**Task details**
In your answer, transcribe all of the data exactly.

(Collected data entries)
"""
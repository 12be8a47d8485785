//! Chains of tensors held in blocks: the values, labels and fluxes of their networks.

ghost use Rattle.qn_braket.specs.ChainLaws.{ChainFaultlessLaw, ElementsLaw, ExpectFaultlessLaw, ExpectFluxLaw, ExpectNetworkLaw, OverlapFaultlessLaw, OverlapFluxLaw, OverlapNetworkLaw};

/// The value of the network of an overlap is the overlap.
pub fn overlap_network_law()
    ensures { OverlapNetworkLaw }
{}

/// The value of the network of an expectation is the expectation of the operator chain.
pub fn expect_network_law()
    ensures { ExpectNetworkLaw }
{}

/// Only the matrix elements at values of the sites matter to an expectation.
pub fn elements_law()
    ensures { ElementsLaw }
{}

/// Nothing is wrong with the labels of a chain's network.
pub fn chain_faultless_law()
    ensures { ChainFaultlessLaw }
{}

/// Nothing is wrong with the labels of the network of an overlap.
pub fn overlap_faultless_law()
    ensures { OverlapFaultlessLaw }
{}

/// Nothing is wrong with the labels of the network of an expectation.
pub fn expect_faultless_law()
    ensures { ExpectFaultlessLaw }
{}

/// The flux of the network of an overlap is that of the ket minus that of the bra.
pub fn overlap_flux_law()
    ensures { OverlapFluxLaw }
{}

/// The flux of the network of an expectation is that of the operator and the ket minus that of the bra.
pub fn expect_flux_law()
    ensures { ExpectFluxLaw }
{}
"""
**The completed task**
repository 12be8a47d8485785
//! Chains of tensors held in blocks: the values, labels and fluxes of their networks.

ghost use Rattle.qn_braket.specs.ChainLaws.{ChainFaultlessLaw, ElementsLaw, ExpectFaultlessLaw, ExpectFluxLaw, ExpectNetworkLaw, OverlapFaultlessLaw, OverlapFluxLaw, OverlapNetworkLaw};

/// The value of the network of an overlap is the overlap.
pub fn overlap_network_law()
    ensures { OverlapNetworkLaw }
{}

/// The value of the network of an expectation is the expectation of the operator chain.
pub fn expect_network_law()
    ensures { ExpectNetworkLaw }
{}

/// Only the matrix elements at values of the sites matter to an expectation.
pub fn elements_law()
    ensures { ElementsLaw }
{}

/// Nothing is wrong with the labels of a chain's network.
pub fn chain_faultless_law()
    ensures { ChainFaultlessLaw }
{}

/// Nothing is wrong with the labels of the network of an overlap.
pub fn overlap_faultless_law()
    ensures { OverlapFaultlessLaw }
{}

/// Nothing is wrong with the labels of the network of an expectation.
pub fn expect_faultless_law()
    ensures { ExpectFaultlessLaw }
{}

/// The flux of the network of an overlap is that of the ket minus that of the bra.
pub fn overlap_flux_law()
    ensures { OverlapFluxLaw }
{}

/// The flux of the network of an expectation is that of the operator and the ket minus that of the bra.
pub fn expect_flux_law()
    ensures { ExpectFluxLaw }
{}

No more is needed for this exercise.